- Opening Delimiter -
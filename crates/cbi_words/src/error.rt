ghost use Rattle.std.specs.Prelude.{◌≡◌};

use cbi_base::Memory;

/// Why words were not read as a command.
#[derive(Debug, Drop)]
pub enum WordsError {
    /// They read as none. The text is what err is told.
    Usage { text: String },
    Memory,
}

impl From<Memory> for WordsError {
    ghost use Rattle.cbi_words.specs.declared.error.WordsError.TheVariants as error;

    ghost from_gives = { λ _ e. e ≡ error.Memory };

    fn from(_e: Memory) -> WordsError {
        WordsError::Memory
    }
}
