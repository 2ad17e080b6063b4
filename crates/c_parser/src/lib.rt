//! The parser: tokens to the one tree of the whole text.
#![tactic(auto)]

ghost use Rattle.std.specs.Prelude.{◌≡◌, ℕ, Err, IfOk};
ghost use Rattle.c_syntax.specs.Words.{SourceTree, IsKeptTree, plain_tree, tree_kinds, IsShaped};
ghost use Rattle.c_parser.specs.Parsed.{IsTreeOf, Refuses, IsReadAs, IsRefused};

mod error;
mod program;

use c_syntax::{Tokens, Tree};
pub use error::ParseError;
use std::alloc::Global;

/// The tree of a list of tokens, nested at most 200 deep. A refusal tells how many tokens stand in front of the item that has no tree, and the index of
/// a token from which none goes on. Want of memory is free.
pub fn parse(alloc: Global, tokens: &Tokens) -> Result<Tree, ParseError>
    ensures tree { IfOk result (λ t. IsTreeOf tokens.now (plain_tree t)) }
    ensures kept { IfOk result (λ t. IsKeptTree (plain_tree t)) }
    ensures syntax { (index item : ℕ) → result ≡ Err (ParseError.Syntax index item) → Refuses tokens.now index item }

    // .. and wherever there is a tree it is the answer, and where there is none they are refused, unless memory runs out.
    ensures read { (t : SourceTree) → IsTreeOf tokens.now t → IsReadAs t result }
    ensures refused { ((t : SourceTree) → IsTreeOf tokens.now t → ⊥) → IsRefused result }
{
    let _kept = tokens.as_slice();
    program::tree(alloc, tokens)
}

/// Tokens and lines have one tree: two of the grammar's trees that have the same ones are equal.
pub fn one_tree()
    ensures { (a b : SourceTree) → IsShaped a → IsShaped b → tree_kinds a ≡ tree_kinds b → a.lines ≡ b.lines → a ≡ b }
{}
- Closing Delimiter -
**Aim of the task**
Look over the material above and report each line holding "specs".

**Result below**
ghost use Rattle.std.specs.Prelude.{◌≡◌};
    ghost use Rattle.cbi_words.specs.declared.error.WordsError.TheVariants as error;
ghost use Rattle.std.specs.Prelude.{◌≡◌, ℕ, Err, IfOk};
ghost use Rattle.c_syntax.specs.Words.{SourceTree, IsKeptTree, plain_tree, tree_kinds, IsShaped};
ghost use Rattle.c_parser.specs.Parsed.{IsTreeOf, Refuses, IsReadAs, IsRefused};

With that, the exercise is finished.